Whatever else Ferdulf was, he wasn't trained to catch logical flaws. He accepted what the Fox told him more readily than Gerin would have. "That's one," he said. "What's two?"

"Two is very simple," Gerin answered. "I just showed you I'm strong enough to do it, didn't I?"

Besides being Aragis' argument over Balser's allegiance, that also had its logical flaws. How long would Gerin go on being stronger than Ferdulf? What would happen when he wasn't stronger any more? Gerin didn't know the answers to those questions. He could think of things liable to be more pleasant than discovering what those answers were.

But Ferdulf, though a demigod, was a four-year-old demigod. As with any other four-year-old, things as they were now seemed close to the way they would be forever. "Yes, you're stronger," he said, angry resignation in his voice. "But not everybody is."

If that aside didn't want to make Herris, and maybe Fulda, too, run somewhere far, far away, maybe it should have. Gerin carefully chose a different issue. "I'm not the only one who's stronger than you, Ferdulf. What about Selatre, my wife?" Despite her disclaimer to Marlanz, Ferdulf had been known to heed what she said.

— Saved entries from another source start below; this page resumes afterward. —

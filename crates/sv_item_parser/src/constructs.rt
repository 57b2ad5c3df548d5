// Generate constructs: loops, conditions and regions, which hold items to a depth. The rules take the reader of the items
// in them as a parameter, so that each is proved by itself; the reader of an item gives itself to them, with one construct
// less to hold a token.
ghost use Rattle.sv_cursor.specs.Parsers.{Reads};
ghost use Rattle.sv_word_parser.specs.Combined.{sort_test};
ghost use Rattle.sv_item_parser.specs.Items as spec;
ghost use Rattle.sv_type_parser.specs.Lists.{Nests};
ghost use Rattle.sv_word_parser.specs.Words as words;

use crate::heads::{LoopHead, cond_head, loop_head};
use crate::module_items::{flat_item, item_next, sees_item};
use items::{Boxed, both};
use std::alloc::Global;
use sv_cursor::{Cursor, Keyword, ParseErr};
use sv_stmt_parser::{Bodied, Nested, block, branches, counted, is_given, parts};
use sv_tree::{Gen, Item};
use sv_type_parser::boxed;
use sv_word_parser::ItemOpener;

/// The rules of generate constructs, over a reader of the items in them.
#[derive(Drop)]
struct Generates<F> {
    alloc: Global,
    /// How many generate constructs may hold a token of an item in the construct.
    depth: u8,
    /// Reads an item to a depth.
    item: F,
}

impl<F: Fn(Global, &mut Cursor<'_>, u8) -> Result<Item, ParseErr>> Nested<Item> for Generates<F> {
    type Opener = ItemOpener;

    ghost ready = { λ rules. Nests (spec.item rules.depth) rules.depth (F.pre rules.item) (F.post rules.item) };

    ghost parser = { λ rules. spec.item rules.depth };

    ghost test = { sort_test words.item_by_sort };

    fn comes(tokens: &Cursor<'_>) -> bool {
        sees_item(tokens)
    }

    fn part(&self, tokens: &mut Cursor<'_>) -> Result<Item, ParseErr> {
        (self.item)(self.alloc, tokens, self.depth)
    }
}

impl<F: Fn(Global, &mut Cursor<'_>, u8) -> Result<Item, ParseErr>> Bodied for Generates<F> {
    type Head = LoopHead;

    type Body = Gen;

    ghost ready = { λ rules. Nests (spec.item rules.depth) rules.depth (F.pre rules.item) (F.post rules.item) };

    ghost heading = { spec.loop_head };

    ghost inner = { λ rules. spec.gen (spec.item rules.depth) };

    fn head(alloc: Global, tokens: &mut Cursor<'_>) -> Result<LoopHead, ParseErr> {
        loop_head(alloc, tokens)
    }

    fn body(&self, tokens: &mut Cursor<'_>) -> Result<Boxed<Gen>, ParseErr> {
        boxed(self.alloc, self.gen_body(tokens))
    }
}

impl<F: Fn(Global, &mut Cursor<'_>, u8) -> Result<Item, ParseErr>> Generates<F> {
    #[tactic(auto, unfolding(crate::specs::Items::gen_block))]
    fn gen_block(&self, tokens: &mut Cursor<'_>) -> Result<Gen, ParseErr>
        requires { Nests (spec.item self.now.depth) self.now.depth (F.pre self.now.item) (F.post self.now.item) }
        ensures { Reads (spec.gen_block (spec.item self.now.depth) tokens.old) result tokens.new }
    {
        let (place, (name, (all, label))) = block(self.alloc, tokens, self)?;
        Ok(Gen::Block(place, name, all, label))
    }

    #[tactic(auto, unfolding(crate::specs::Items::single, crate::specs::Items::place_test, sv_cursor::specs::Tests::place_test))]
    fn single(&self, tokens: &mut Cursor<'_>) -> Result<Gen, ParseErr>
        requires { Nests (spec.item self.now.depth) self.now.depth (F.pre self.now.item) (F.post self.now.item) }
        ensures { Reads (spec.single (spec.item self.now.depth) tokens.old) result tokens.new }
    {
        match tokens.place() {
            Some(place) => {
                let inner = boxed(self.alloc, self.part(tokens))?;
                Ok(Gen::Single(place, inner))
            }
            None => Err(tokens.refuse()),
        }
    }

    #[tactic(auto, using(crate::proofs::Firsts::gen_parts))]
    fn gen_body(&self, tokens: &mut Cursor<'_>) -> Result<Gen, ParseErr>
        requires { Nests (spec.item self.now.depth) self.now.depth (F.pre self.now.item) (F.post self.now.item) }
        ensures { Reads (spec.gen (spec.item self.now.depth) tokens.old) result tokens.new }
    {
        match tokens.peek_keyword(Keyword::Begin) {
            Some(_) => self.gen_block(tokens),
            None => self.single(tokens),
        }
    }

    /// A generate `if` (A.4.2, if_generate_construct).
    #[tactic(auto, unfolding(crate::specs::Items::gen_if))]
    fn conditional(&self, tokens: &mut Cursor<'_>) -> Result<Item, ParseErr>
        requires { Nests (spec.item self.now.depth) self.now.depth (F.pre self.now.item) (F.post self.now.item) }
        ensures { Reads (spec.gen_if (spec.item self.now.depth) tokens.old) result tokens.new }
    {
        let place = tokens.keyword(Keyword::If)?;
        let condition = cond_head(self.alloc, tokens)?;
        let (condition, (first, second)) = both(condition, branches(tokens, self))?;
        Ok(Item::If(place, condition, first, second))
    }

    /// A generate loop (A.4.2, loop_generate_construct).
    #[tactic(auto, unfolding(crate::specs::Items::gen_loop))]
    fn counted(&self, tokens: &mut Cursor<'_>) -> Result<Item, ParseErr>
        requires { Nests (spec.item self.now.depth) self.now.depth (F.pre self.now.item) (F.post self.now.item) }
        ensures { Reads (spec.gen_loop (spec.item self.now.depth) tokens.old) result tokens.new }
    {
        let (place, (head, body)) = counted(self.alloc, tokens, self)?;
        let (word, (variable, (start, (condition, step)))) = head;
        Ok(Item::For(
            place,
            is_given(word),
            variable,
            start,
            condition,
            step,
            body,
        ))
    }

    /// A generate region (A.4.2, generate_region).
    #[tactic(auto, unfolding(crate::specs::Items::region, crate::specs::Items::items, sv_type_parser::specs::Lists::while_told))]
    fn region(&self, tokens: &mut Cursor<'_>) -> Result<Item, ParseErr>
        requires { Nests (spec.item self.now.depth) self.now.depth (F.pre self.now.item) (F.post self.now.item) }
        ensures { Reads (spec.region (spec.item self.now.depth) tokens.old) result tokens.new }
    {
        tokens.keyword(Keyword::Generate)?;
        let all = parts(self.alloc, tokens, self)?;
        tokens.keyword(Keyword::Endgenerate)?;
        Ok(Item::Generate(all))
    }

    /// An item, by what its first token begins.
    fn item_for(&self, tokens: &mut Cursor<'_>, opener: ItemOpener) -> Result<Item, ParseErr>
        requires { Nests (spec.item self.now.depth) self.now.depth (F.pre self.now.item) (F.post self.now.item) }
        ensures { Reads (spec.item_for (spec.gen_loop (spec.item self.now.depth)) (spec.gen_if (spec.item self.now.depth)) (spec.region (spec.item self.now.depth)) opener tokens.old) result tokens.new }
    {
        match opener {
            ItemOpener::For => self.counted(tokens),
            ItemOpener::If => self.conditional(tokens),
            ItemOpener::Generate => self.region(tokens),
            _ => flat_item(self.alloc, tokens, opener),
        }
    }
}

/// An item of a module (A.1.4, module_or_generate_item), of which at most `depth` generate constructs hold a token. The
/// cursor stands behind it then.
pub fn item(alloc: Global, tokens: &mut Cursor<'_>, depth: u8) -> Result<Item, ParseErr>
    ensures { Reads (spec.item depth tokens.old) result tokens.new }
{
    let Some(opener) = item_next(tokens) else {
        return Err(tokens.refuse());
    };
    if depth == 0 {
        return flat_item(alloc, tokens, opener);
    }
    Generates {
        alloc,
        depth: depth - 1,
        item,
    }
    .item_for(tokens, opener)
}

"That's not fair!" he exclaimed now. "The god she knows still keeps an eye on her, and my father won't pay any attention to me."

"You can tell that farseeing Biton still holds Selatre in his mind?" Gerin asked.

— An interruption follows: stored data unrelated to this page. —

//! Judges what the crates of vectors, of the graph of expressions, of gates, of lists and of joined wires give, by test cases
//! whose values were worked out by hand. They stand in data/ of the crate rows; what they mean stands at the head of each module.
#![tactic(auto)]

mod circuits;
mod gates;
mod joins;
mod lists;
mod nodes;
mod parts;
mod trees;
mod values;

use case_rows::{Bench, Fault, Report, each_row, first_named};
use circuits::{Circuits, Swapped};
use gates::judge_gates;
use joins::{Cut, judge_joins};
use lists::{Owned, judge_ring};
use nodes::{Becomes, Nodes, Substituted};
use std::alloc::Global;
use svex_arena::Env;
use trees::Trees;
use values::{Entries, Planes, Values};

/// GraphRows of vectors and of the graph of expressions.
#[derive(Clone, Copy)]
enum Graph {
    Planes,
    Entries,
    Values,
    Nodes,
    Becomes,
    Substitute,
}

/// GraphRows of gates, of lists and of joined wires.
#[derive(Clone, Copy)]
enum Structure {
    Circuits,
    Swapped,
    Gates,
    Ring,
    Owned,
    Trees,
    Joins,
    Cut,
}

#[derive(Clone, Copy)]
enum Key {
    Graph(Graph),
    Structure(Structure),
}

static KEYS: [(&[u8], Key); 14] = [
    (b"planes", Key::Graph(Graph::Planes)),
    (b"entries", Key::Graph(Graph::Entries)),
    (b"values", Key::Graph(Graph::Values)),
    (b"nodes", Key::Graph(Graph::Nodes)),
    (b"becomes", Key::Graph(Graph::Becomes)),
    (b"substitute", Key::Graph(Graph::Substitute)),
    (b"circuits", Key::Structure(Structure::Circuits)),
    (b"swapped", Key::Structure(Structure::Swapped)),
    (b"gates", Key::Structure(Structure::Gates)),
    (b"ring", Key::Structure(Structure::Ring)),
    (b"owned", Key::Structure(Structure::Owned)),
    (b"trees", Key::Structure(Structure::Trees)),
    (b"joins", Key::Structure(Structure::Joins)),
    (b"cut", Key::Structure(Structure::Cut)),
];

/// What the entries of variables have.
#[derive(Drop)]
pub struct GraphRows {
    alloc: Global,
    env: Env,
}

impl GraphRows {
    fn graph(&mut self, key: Graph, block: &[u8], report: &mut Report) -> Result<(), Fault> {
        match key {
            Graph::Planes => each_row(&mut Planes, block, report),
            Graph::Entries => each_row(&mut Entries { env: &mut self.env }, block, report),
            Graph::Values => each_row(&mut Values::new(self.alloc, &self.env), block, report),
            Graph::Nodes => each_row(&mut Nodes::new(self.alloc), block, report),
            Graph::Becomes => each_row(&mut Becomes::new(self.alloc), block, report),
            Graph::Substitute => each_row(&mut Substituted::new(self.alloc), block, report),
        }
    }

    fn judge(&mut self, line: &[u8], block: &[u8], report: &mut Report) -> Result<(), Fault> {
        match first_named(&KEYS, line)? {
            Key::Graph(key) => self.graph(key, block, report),
            Key::Structure(key) => judge_structure(self.alloc, key, line, block, report),
        }
    }
}

fn judge_structure(
    alloc: Global,
    key: Structure,
    line: &[u8],
    block: &[u8],
    report: &mut Report,
) -> Result<(), Fault> {
    match key {
        Structure::Circuits => each_row(&mut Circuits { alloc }, block, report),
        Structure::Swapped => each_row(&mut Swapped { alloc }, block, report),
        Structure::Gates => judge_gates(alloc, block, report),
        Structure::Ring => judge_ring(alloc, line, block, report),
        Structure::Owned => each_row(&mut Owned::new(alloc), block, report),
        Structure::Trees => each_row(&mut Trees { alloc }, block, report),
        Structure::Joins => judge_joins(alloc, line, block, report),
        Structure::Cut => each_row(&mut Cut { alloc }, block, report),
    }
}

impl Bench for GraphRows {
    fn new(alloc: Global) -> GraphRows {
        GraphRows {
            alloc,
            env: Env {
                present: Vec::new(alloc),
                previous: Vec::new(alloc),
                stim: Vec::new(alloc),
                chosen: Vec::new(alloc),
                sampled: Vec::new(alloc),
            },
        }
    }

    fn key(&mut self, line: &[u8], block: &[u8], report: &mut Report) -> Result<(), Fault> {
        let judged = self.judge(line, block, report);
        match judged {
            Err(Fault::Form) => report.take(line, Err(Fault::Form)),
            judged => judged,
        }
    }
}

"Of course," Ferdulf said. "Can't you?"

He didn't altogether grasp how limited the ordinary human sensorium was. He'd also said something else interesting, though he probably didn't know it. So Mavrix was less than attentive to his offspring, was he? That didn't surprise Gerin, though he hadn't known it before. A god of unbridled fertility didn't strike the Fox as likely to make the most devoted parent for any one child.

"Will you behave yourself?" he demanded of the little demigod.

"I suppose so," Ferdulf answered.

"No more pigducks or duckpigs?" Gerin said. Having Dagref in his household, he'd learned better than to leave loopholes open: "And no more mixing any other creatures-or people-together, all right?"

"All right," Ferdulf said, not too much sulk in his voice. Gerin didn't trust his promise very far, but didn't altogether discount it, either. From what he'd seen of Ferdulf, the promise was worth about as much-and as little-as that of any other child of the same age. Sooner or later, the demigod would forget he'd made it and do something else appalling. That was how children behaved, even children of large powers. But the Fox didn't think Ferdulf would go out and deliberately break his word.

"Fair enough," he said. "We have a bargain, then." Ferdulf nodded and went off to play. Gerin didn't think he walked a couple of feet off the ground intending to intimidate. More likely, he just wasn't thinking about what he was doing.

Herris Bigfoot, by now, took such minor impossibilities in stride. He said, "Thank you, lord king. We are grateful to you, believe me, for keeping him under what control you do."